Available records:
*** Begin section ***

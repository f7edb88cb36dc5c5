//! The check of a module, and of a plan for it.

ghost use Rattle.std.specs.Prelude.{◌≡◌, ◌⊎◌, IfOk, IfErr};
ghost use Rattle.commands.specs.Checks.{IsChecked, IsCheckRefused, valid_text};
ghost use Rattle.commands.specs.Inputs.{IsProgramRefused};
ghost use Rattle.commands.specs.PlanChecks.{IsHinted, IsCheckAnswer, IsNotChecked, hinted_text};
ghost use Rattle.commands.specs.declared.fault.Fault.TheVariants as faults;

use crate::fault::Fault;
use crate::files::Files;
use crate::program::{Program, read_module, read_program};
use binary_decoder::summary;
use log::Log;
use std::alloc::Global;
use thread_plan::hints;
use wasm_types::Module;

/// The last line of the summary of a module that is well typed.
const VALID: &str = "valid\n";

/// The summary of the module in a file, which is valid. With a plan, which is read behind the module, the hints follow at
/// what may go wrong with its threads.
pub fn check<L: Log, F: Files>(
    rt: &L,
    alloc: Global,
    files: &mut F,
    path: &str,
    plan: Option<&str>,
) -> Result<Vec<u8>, Fault>
    ensures checked { IfOk result (λ text. IsCheckAnswer (F.holds files.old) path.now plan.entry text.items) }
    ensures refused { IfErr result (λ fault. IsNotChecked (F.holds files.old) (F.fails files.old) path.now plan.entry fault) }
{
    match plan {
        None => check_module(rt, alloc, files, path),
        Some(plan) => check_program(rt, alloc, files, path, plan),
    }
}

/// The summary of the module in a file, which is valid.
fn check_module<L: Log, F: Files>(
    rt: &L,
    alloc: Global,
    files: &mut F,
    path: &str,
) -> Result<Vec<u8>, Fault>
    ensures checked { IfOk result (λ text. IsChecked (F.holds files.old path.now) text.items) }
    ensures refused { IfErr result (λ fault. IsCheckRefused (F.holds files.old path.now) (F.fails files.old path.now) fault) }
{
    let valid = match read_module(rt, alloc, files, path) {
        Ok(valid) => valid,
        Err(fault) => return Err(fault),
    };
    valid_summary(alloc, valid.module())
}

/// The same, and behind it the hints of the plan in another file.
fn check_program<L: Log, F: Files>(
    rt: &L,
    alloc: Global,
    files: &mut F,
    module_path: &str,
    plan_path: &str,
) -> Result<Vec<u8>, Fault>
    ensures checked { IfOk result (λ text. IsHinted (F.holds files.old) module_path.now plan_path.now text.items) }
    ensures refused { IfErr result (λ fault. IsProgramRefused (F.holds files.old) (F.fails files.old) module_path.now plan_path.now fault ⊎ (fault ≡ faults.NoMemory)) }
{
    let program = match read_program(rt, alloc, files, module_path, plan_path) {
        Ok(program) => program,
        Err(fault) => return Err(fault),
    };
    hinted_summary(alloc, &program)
}

/// The summary of a module, which is valid.
fn valid_summary(alloc: Global, module: &Module) -> Result<Vec<u8>, Fault>
    ensures text { IfOk result (λ text. text.items ≡ valid_text «module».now) }
    ensures refused { IfErr result (λ fault. fault ≡ faults.NoMemory) }
{
    let mut text = summary(alloc, module)?;
    let Ok(()) = text.extend_from_slice(VALID.as_bytes()) else {
        return Err(Fault::NoMemory);
    };
    Ok(text)
}

/// The same, and behind it the hints of a plan.
fn hinted_summary(alloc: Global, program: &Program) -> Result<Vec<u8>, Fault>
    ensures text { IfOk result (λ text. text.items ≡ hinted_text program.now.valid program.now.plan) }
    ensures refused { IfErr result (λ fault. fault ≡ faults.NoMemory) }
{
    let hints = hints(alloc, &program.valid, &program.plan)?;
    let mut text = valid_summary(alloc, program.valid.module())?;
    let Ok(()) = text.extend_from_slice(hints.as_str().as_bytes()) else {
        return Err(Fault::NoMemory);
    };
    Ok(text)
}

*** End section ***

What is being asked: Beginning at the line with "text.items ≡ hinted_text", write out each line exactly as it stands until the listing ends, and add nothing.

Result of the exercise:
    ensures text { IfOk result (λ text. text.items ≡ hinted_text program.now.valid program.now.plan) }
    ensures refused { IfErr result (λ fault. fault ≡ faults.NoMemory) }
{
    let hints = hints(alloc, &program.valid, &program.plan)?;
    let mut text = valid_summary(alloc, program.valid.module())?;
    let Ok(()) = text.extend_from_slice(hints.as_str().as_bytes()) else {
        return Err(Fault::NoMemory);
    };
    Ok(text)
}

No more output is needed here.